Adjunctive therapy with oxcarbazepine in children with partial seizures. The Oxcarbazepine Pediatric Study Group.

OBJECTIVE: To evaluate the safety and efficacy of oxcarbazepine (OXC) as adjunctive therapy in children with inadequately controlled partial seizures on one or two concomitant antiepileptic drugs (AEDs). BACKGROUND: OXC has shown antiepileptic activity in several comparative monotherapy trials in newly diagnosed patients with epilepsy, and in a placebo-controlled monotherapy trial in hospitalized patients evaluated for epilepsy surgery. DESIGN: A total of 267 patients were evaluated in a multicenter, randomized, placebo-controlled trial consisting of three phases: 1) a 56-day baseline phase (patients maintained on their current AEDs); 2) a 112-day double-blind treatment phase (patients received either OXC 30-46 mg/kg/day orally or placebo); and 3) an open-label extension phase. Data are reported only from the double-blind treatment phase; the open-label extension phase is ongoing. METHODS: Children (3 to 17 years old) with inadequately controlled partial seizures (simple, complex, and partial seizures evolving to secondarily generalized seizures) were enrolled.

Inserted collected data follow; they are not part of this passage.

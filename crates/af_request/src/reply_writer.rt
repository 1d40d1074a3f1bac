// Writing a reply as a message.
ghost use Rattle.std.specs.Prelude.{◌≡◌, ◌≤◌, ◌+◌, ◌*◌, ◌++◌, drop, length, take};
ghost use Rattle.af_limits.specs.Limits.{most_devices, longest_record, longest_message};
ghost use Rattle.af_wire.specs.Message.{head};
ghost use Rattle.af_wire.specs.MessageFront.{IsOneMessage};
ghost use Rattle.af_request.specs.Answer.{reply_meaning, recorded, setup};
ghost use Rattle.af_request.specs.Answer.{controls as controls_answer};
ghost use Rattle.af_request.specs.Fields.{words_for};
ghost use Rattle.af_request.specs.Opcodes as opcodes;
ghost use Rattle.af_wire.specs.Order.{i16_bytes};
ghost use Rattle.af_request.specs.Replies.{answer_in, body_bytes, body_words, device_bytes, phone_bytes, reply_bytes, FitsMessage, IsReplyTo};

use crate::opcode;
use crate::put::{put, put_zeros};
use crate::reply::{Controls, DeviceInfo, Phone, Reply};
use af_sample::Gain;
use af_time::DevTime;
use af_wire::{Order, write_head};

/// Writes the reply, in an order, to a request of this opcode, or to a setup (`SETUP`), and answers how many bytes that are.
/// Recorded samples have at most 16000 bytes.
pub fn write_reply(
    order: Order,
    opcode: u8,
    reply: &Reply<'_>,
    sequence: u16,
    out: &mut [u8],
) -> usize
    requires samples { FitsMessage (reply_meaning reply.now) }
    requires room { longest_message ≤ length out.old }
    ensures size { result ≡ 8 + 4 * body_words (reply_meaning reply.now) }
    ensures most { result ≤ longest_message }
    ensures bytes { take result out.new ≡ reply_bytes order opcode (reply_meaning reply.now) sequence }
    ensures one { IsReplyTo opcode (reply_meaning reply.now) → IsOneMessage order 1 opcode sequence (take result out.new) }
    ensures again { IsReplyTo opcode (reply_meaning reply.now) →
        answer_in order opcode (drop 8 (take result out.new)) ≡ Some (reply_meaning reply.now) }
{
    let at = put_head(order, out, opcode, sequence, words_of(reply));
    put_body(order, out, at, reply)
}

/// Where the samples of a reply to a Record begin: after the header, the time and the count of their bytes.
pub const RECORDED_AT: usize = 16;

/// Writes the reply, in an order, to a Record around its samples, n bytes of them, at most 16000, which stand in the message
/// already, from `RECORDED_AT` on. Answers how many bytes the message has.
pub fn write_recorded(order: Order, time: DevTime, n: usize, sequence: u16, out: &mut [u8]) -> usize
    requires samples { n ≤ longest_record }
    requires room { longest_message ≤ length out.old }
    ensures most { result ≤ longest_message }
    ensures bytes { take result out.new ≡ reply_bytes order opcodes.record (recorded time.0 (take n (drop 16 out.old))) sequence }
{
    let words = 2 + n.div_ceil(4) as u32;
    let (front, samples) = out.split_at_mut(RECORDED_AT);
    let at = put_head(order, front, opcode::RECORD, sequence, words);
    let at = put(front, at, &order.u32_bytes(time.0));
    put(front, at, &order.u32_bytes(n as u32));
    RECORDED_AT + put_zeros(samples, n, 4 * n.div_ceil(4) - n)
}

fn put_body(order: Order, out: &mut [u8], at: usize, reply: &Reply<'_>) -> usize
    requires samples { FitsMessage (reply_meaning reply.now) }
    requires room { at + 16008 ≤ length out.old }
    ensures end { result ≡ at + 4 * body_words (reply_meaning reply.now) }
    ensures most { result ≤ at + 16008 }
    ensures bytes { take result out.new ≡ take at out.old ++ body_bytes order (reply_meaning reply.now) }
{
    match reply {
        Reply::Setup { devices } => put_devices(order, out, at, devices.as_slice()),
        Reply::Plain => at,
        Reply::Time { time } => put(out, at, &order.u32_bytes(time.0)),
        Reply::Played { time } => put(out, at, &order.u32_bytes(time.0)),
        Reply::Recorded { time, samples } => put_recorded(order, out, at, time.0, samples),
        Reply::Controls { controls } => put_controls(order, out, at, controls),
        Reply::Phone { phone } => put_phone(out, at, phone),
    }
}

// How many words the body of a reply has.
fn words_of(reply: &Reply<'_>) -> u32
    requires { FitsMessage (reply_meaning reply.now) }
    ensures value { result ≡ body_words (reply_meaning reply.now) }
{
    match reply {
        Reply::Setup { devices } => 2 + 3 * devices.len() as u32,
        Reply::Plain => 0,
        Reply::Time { .. } | Reply::Played { .. } => 1,
        Reply::Recorded { samples, .. } => 2 + samples.len().div_ceil(4) as u32,
        Reply::Controls { .. } | Reply::Phone { .. } => 2,
    }
}

// The header of a reply.
#[tactic(auto, unfolding(af_wire::specs::Message::head))]
fn put_head(order: Order, out: &mut [u8], opcode: u8, sequence: u16, words: u32) -> usize
    requires { 8 ≤ length out.old }
    ensures end { result ≡ 8 }
    ensures bytes { take result out.new ≡ head order 1 opcode sequence words }
{
    write_head(order, 1, opcode, sequence, words, &mut out[..8]);
    8
}

// The version, the count of the devices, and each of them.
fn put_devices(order: Order, out: &mut [u8], at: usize, devices: &[DeviceInfo]) -> usize
    requires most { length devices.now ≤ most_devices }
    requires room { at + 104 ≤ length out.old }
    ensures end { result ≡ at + 8 + 12 * length devices.now }
    ensures bytes { take result out.new ≡ take at out.old ++ body_bytes order (setup devices.now) }
{
    let at = put(out, at, &order.u16_bytes(1));
    let at = put(out, at, &order.u16_bytes(0));
    let mut at = put(out, at, &order.u32_bytes(devices.len() as u32));
    for device in devices {
        at = put_device(order, out, at, *device);
    }
    at
}

fn put_device(order: Order, out: &mut [u8], at: usize, device: DeviceInfo) -> usize
    requires { at + 12 ≤ length out.old }
    ensures end { result ≡ at + 12 }
    ensures bytes { take result out.new ≡ take at out.old ++ device_bytes order device }
{
    let [a, b, c, d] = order.u32_bytes(device.rate);
    let [e, f, g, h] = order.u32_bytes(device.horizon);
    let line = u8::from(device.line);
    put(
        out,
        at,
        &[
            device.ty.code(),
            device.channels,
            line,
            0,
            a,
            b,
            c,
            d,
            e,
            f,
            g,
            h,
        ],
    )
}

// The time, the count of the bytes, and the bytes padded with zeros to a word.
fn put_recorded(order: Order, out: &mut [u8], at: usize, time: u32, samples: &[u8]) -> usize
    requires samples { length samples.now ≤ longest_record }
    requires room { at + 16008 ≤ length out.old }
    ensures end { result ≡ at + 8 + 4 * words_for (length samples.now) }
    ensures bytes { take result out.new ≡ take at out.old ++ body_bytes order (recorded time samples.now) }
{
    let at = put(out, at, &order.u32_bytes(time));
    let at = put(out, at, &order.u32_bytes(samples.len() as u32));
    let at = put(out, at, samples);
    put_zeros(out, at, 4 * samples.len().div_ceil(4) - samples.len())
}

fn put_controls(order: Order, out: &mut [u8], at: usize, controls: &Controls) -> usize
    requires { at + 8 ≤ length out.old }
    ensures end { result ≡ at + 8 }
    ensures bytes { take result out.new ≡ take at out.old ++ body_bytes order (controls_answer controls.now) }
{
    let input_on = u8::from(controls.input_on);
    let output_on = u8::from(controls.output_on);
    let [a, b] = gain_bytes(order, controls.input_gain);
    let [c, d] = gain_bytes(order, controls.output_gain);
    put(out, at, &[input_on, output_on, 0, 0, a, b, c, d])
}

fn gain_bytes(order: Order, gain: Gain) -> [u8; 2]
    ensures { result ≡ i16_bytes order gain }
{
    order.i16_bytes(gain.db() as i16)
}

fn put_phone(out: &mut [u8], at: usize, phone: &Phone) -> usize
    requires { at + 8 ≤ length out.old }
    ensures end { result ≡ at + 8 }
    ensures bytes { take result out.new ≡ take at out.old ++ phone_bytes phone.now }
{
    let wanted_off = u8::from(phone.wanted_off);
    let given_off = u8::from(phone.given_off);
    let ringing = u8::from(phone.ringing);
    let current = u8::from(phone.current);
    let dead = u8::from(phone.dead);
    put(
        out,
        at,
        &[wanted_off, given_off, ringing, current, dead, 0, 0, 0],
    )
}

RESULTS: Patients treated with OXC experienced a significantly greater median percent reduction from baseline in partial seizure frequency than patients treated with placebo (p = 0.0001; 35% versus 9%, respectively). Forty-one percent of patients treated with OXC experienced a > or =50% reduction from baseline in partial seizure frequency per 28 days compared with 22% of patients treated with placebo (p = 0.0005). Ninety-one percent of the group treated with OXC and 82% of the group treated with placebo reported > or =1 adverse event; vomiting, somnolence, dizziness, and nausea occurred more frequently (twofold or greater) in the group treated with OXC. CONCLUSION: OXC adjunctive therapy administered in a dose range of 6 to 51 mg/kg/day (median 31.4 mg/kg/day) is safe, effective, and well tolerated in children with partial seizures.